__Requirement__: Copy every entry exactly.

__Information__:
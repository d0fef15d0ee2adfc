//! Workers in threads, and the history that they leave.

ghost use Rattle.std.specs.Prelude.{◌≡◌, true, false, All, [], ◌∷◌, map, vec_len, IfOk};
ghost use Rattle.ap_paths.specs.Entries.{entries_of, entry_of};
ghost use Rattle.ap_paths.specs.Limits.{AreWithin};
ghost use Rattle.ap_paths.specs.History.{is_legal, has_stop, is_stop, open_of};
ghost use Rattle.ap_tools.specs.Traces.{AreSeats, IsInOrder};
ghost use Rattle.ap_tools.specs.Seats.{SeatView, book_id, book_limit, seats_of, logs_of};
ghost use Rattle.ap_tools.specs.Planned.{ArePlanned, IsNewSeat, EndedSeat};
ghost use Rattle.ap_tools.specs.Order.{IsOrdered};
ghost use Rattle.ap_tools.specs.Hands.{AreFreshTools};

use crate::jobs::Job;
use crate::work::work;
use ap_defs::memory::Memory;
use ap_io::Gate;
use ap_paths::{Closed, Entry, Tree};
use ap_tools::{Seat, Shape, SharedBook};
use std::alloc::Global;
use std::sync::Wait;
use std::thread;
use std::thread::Threads;

/// Runs all jobs, each in a thread of its own where one can be made. The first has the empty path.
pub fn run_all<W: Shape + Send, R: Threads + Wait + Sync, T: Tree, G: Gate>(
    rt: &R,
    alloc: Global,
    tree: &T,
    gate: &G,
    book: &SharedBook,
    jobs: Vec<Job<W>>,
) -> Result<Vec<Seat>, Memory>
    requires shape { T.choices tree.now ≡ W.choices }
    requires new { All (λ j. IsNewSeat (book_id book.now) j.seat) jobs.items }
    requires fresh { AreFreshTools 0 (map (λ j. j.tools) jobs.items) }
    ensures len { IfOk result (λ v. vec_len v ≡ vec_len jobs) }
    ensures each { IfOk result (λ v. All (λ s. EndedSeat (T.choices tree.now) (T.plan tree.now)
        (book_limit book.now) (book_id book.now) s) v.items) }
{
    let seats = thread::map_vec(
        rt,
        jobs,
        &|job: Job<W>| -> Seat
            requires { (T.choices tree.now ≡ W.choices) × IsNewSeat (book_id book.now) job.seat }
            ensures { EndedSeat (T.choices tree.entry.now) (T.plan tree.entry.now)
                (book_limit book.entry.now) (book_id book.entry.now) result }
        {
            let Job {
                seat,
                tools: _tools,
            } = work(rt, alloc, tree, gate, book, job);
            seat
        },
    )?;
    Ok(seats)
}

/// Whether a Stop stands.
fn stands(history: &[Entry]) -> bool
    ensures { result ≡ has_stop (entries_of history.now) }
{
    for entry in history {
        if is_stop_entry(entry) {
            return true;
        }
    }
    false
}

fn is_stop_entry(entry: &Entry) -> bool
    ensures { result ≡ is_stop (entry_of entry.now) }
{
    match entry {
        Entry::Stop { seat: _seat } => true,
        Entry::Split {
            seat: _seat,
            path: _path,
            kids: _kids,
        } => false,
        Entry::Done {
            seat: _seat,
            path: _path,
            outs: _outs,
        } => false,
        Entry::Skip {
            seat: _seat,
            path: _path,
            found: _found,
        } => false,
    }
}

/// What the workers leave that have ended. Where one of them entered a Stop, that is want of memory.
pub fn finish<T: Tree>(
    alloc: Global,
    tree: &T,
    book: SharedBook,
    seats: Vec<Seat>,
) -> Result<Closed, Memory>
    requires ended { All (λ s. EndedSeat (T.choices tree.now) (T.plan tree.now) (book_limit book)
        (book_id book) s) seats.items }
    requires all { vec_len seats ≡ seats_of book }
    ensures legal { IfOk result (λ c. (is_legal (entries_of c.history) ≡ true)
        × (has_stop (entries_of c.history) ≡ false) × (open_of (entries_of c.history) ≡ [])) }
    ensures planned { IfOk result (λ c. ArePlanned (T.choices tree.now) (T.plan tree.now)
        (entries_of c.history)) }
    ensures within { IfOk result (λ c. AreWithin (book_limit book) (entries_of c.history)) }
    ensures seats { IfOk result (λ c. (c.logs ≡ logs_of (seats_of book) c.history)
        × AreSeats (seats_of book) (entries_of c.history)) }
    ensures order { (s : SeatView) → seats.items ≡ s ∷ [] → s.number ≡ 0 → seats_of book ≡ 1 →
        IsOrdered s.number s.seen → IfOk result (λ c. IsInOrder ([] ∷ []) (entries_of c.history)) }
{
    let _tree = tree;
    let closed = book.close(alloc, seats)?;
    if stands(closed.history.items()) {
        return Err(Memory);
    }
    Ok(closed)
}
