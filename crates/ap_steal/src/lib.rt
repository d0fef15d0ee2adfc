//! Workers that steal search a tree of paths.
//!
//! Each worker has a hand, a deque of its own and thieves of the others' deques (Blumofe and
//! Leiserson, Scheduling Multithreaded Computations by Work Stealing, 1999). What it does to a path
//! it enters in one shared book, whose history is the search's result: legal, by the plans of the
//! tree, with nothing open. So its outputs in path order are those of the tree, however many
//! workers there are.
#![tactic(auto)]

mod jobs;
mod reach;
mod run;
mod searching;
mod step;
mod work;

pub use jobs::Job;
pub use searching::{search, search_within};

__Result of this task__:
repository d0fef15d0ee2adfc
//! Workers in threads, and the history that they leave.

ghost use Rattle.std.specs.Prelude.{◌≡◌, true, false, All, [], ◌∷◌, map, vec_len, IfOk};
ghost use Rattle.ap_paths.specs.Entries.{entries_of, entry_of};
ghost use Rattle.ap_paths.specs.Limits.{AreWithin};
ghost use Rattle.ap_paths.specs.History.{is_legal, has_stop, is_stop, open_of};
ghost use Rattle.ap_tools.specs.Traces.{AreSeats, IsInOrder};
ghost use Rattle.ap_tools.specs.Seats.{SeatView, book_id, book_limit, seats_of, logs_of};
ghost use Rattle.ap_tools.specs.Planned.{ArePlanned, IsNewSeat, EndedSeat};
ghost use Rattle.ap_tools.specs.Order.{IsOrdered};
ghost use Rattle.ap_tools.specs.Hands.{AreFreshTools};

use crate::jobs::Job;
use crate::work::work;
use ap_defs::memory::Memory;
use ap_io::Gate;
use ap_paths::{Closed, Entry, Tree};
use ap_tools::{Seat, Shape, SharedBook};
use std::alloc::Global;
use std::sync::Wait;
use std::thread;
use std::thread::Threads;

/// Runs all jobs, each in a thread of its own where one can be made. The first has the empty path.
pub fn run_all<W: Shape + Send, R: Threads + Wait + Sync, T: Tree, G: Gate>(
    rt: &R,
    alloc: Global,
    tree: &T,
    gate: &G,
    book: &SharedBook,
    jobs: Vec<Job<W>>,
) -> Result<Vec<Seat>, Memory>
    requires shape { T.choices tree.now ≡ W.choices }
    requires new { All (λ j. IsNewSeat (book_id book.now) j.seat) jobs.items }
    requires fresh { AreFreshTools 0 (map (λ j. j.tools) jobs.items) }
    ensures len { IfOk result (λ v. vec_len v ≡ vec_len jobs) }
    ensures each { IfOk result (λ v. All (λ s. EndedSeat (T.choices tree.now) (T.plan tree.now)
        (book_limit book.now) (book_id book.now) s) v.items) }
{
    let seats = thread::map_vec(
        rt,
        jobs,
        &|job: Job<W>| -> Seat
            requires { (T.choices tree.now ≡ W.choices) × IsNewSeat (book_id book.now) job.seat }
            ensures { EndedSeat (T.choices tree.entry.now) (T.plan tree.entry.now)
                (book_limit book.entry.now) (book_id book.entry.now) result }
        {
            let Job {
                seat,
                tools: _tools,
            } = work(rt, alloc, tree, gate, book, job);
            seat
        },
    )?;
    Ok(seats)
}

/// Whether a Stop stands.
fn stands(history: &[Entry]) -> bool
    ensures { result ≡ has_stop (entries_of history.now) }
{
    for entry in history {
        if is_stop_entry(entry) {
            return true;
        }
    }
    false
}

fn is_stop_entry(entry: &Entry) -> bool
    ensures { result ≡ is_stop (entry_of entry.now) }
{
    match entry {
        Entry::Stop { seat: _seat } => true,
        Entry::Split {
            seat: _seat,
            path: _path,
            kids: _kids,
        } => false,
        Entry::Done {
            seat: _seat,
            path: _path,
            outs: _outs,
        } => false,
        Entry::Skip {
            seat: _seat,
            path: _path,
            found: _found,
        } => false,
    }
}

/// What the workers leave that have ended. Where one of them entered a Stop, that is want of memory.
pub fn finish<T: Tree>(
    alloc: Global,
    tree: &T,
    book: SharedBook,
    seats: Vec<Seat>,
) -> Result<Closed, Memory>
    requires ended { All (λ s. EndedSeat (T.choices tree.now) (T.plan tree.now) (book_limit book)
        (book_id book) s) seats.items }
    requires all { vec_len seats ≡ seats_of book }
    ensures legal { IfOk result (λ c. (is_legal (entries_of c.history) ≡ true)
        × (has_stop (entries_of c.history) ≡ false) × (open_of (entries_of c.history) ≡ [])) }
    ensures planned { IfOk result (λ c. ArePlanned (T.choices tree.now) (T.plan tree.now)
        (entries_of c.history)) }
    ensures within { IfOk result (λ c. AreWithin (book_limit book) (entries_of c.history)) }
    ensures seats { IfOk result (λ c. (c.logs ≡ logs_of (seats_of book) c.history)
        × AreSeats (seats_of book) (entries_of c.history)) }
    ensures order { (s : SeatView) → seats.items ≡ s ∷ [] → s.number ≡ 0 → seats_of book ≡ 1 →
        IsOrdered s.number s.seen → IfOk result (λ c. IsInOrder ([] ∷ []) (entries_of c.history)) }
{
    let _tree = tree;
    let closed = book.close(alloc, seats)?;
    if stands(closed.history.items()) {
        return Err(Memory);
    }
    Ok(closed)
}
filename crates/ap_steal/src/lib.rt
repository d0fef15d0ee2adfc
//! Workers that steal search a tree of paths.
//!
//! Each worker has a hand, a deque of its own and thieves of the others' deques (Blumofe and
//! Leiserson, Scheduling Multithreaded Computations by Work Stealing, 1999). What it does to a path
//! it enters in one shared book, whose history is the search's result: legal, by the plans of the
//! tree, with nothing open. So its outputs in path order are those of the tree, however many
//! workers there are.
#![tactic(auto)]

mod jobs;
mod reach;
mod run;
mod searching;
mod step;
mod work;

pub use jobs::Job;
pub use searching::{search, search_within};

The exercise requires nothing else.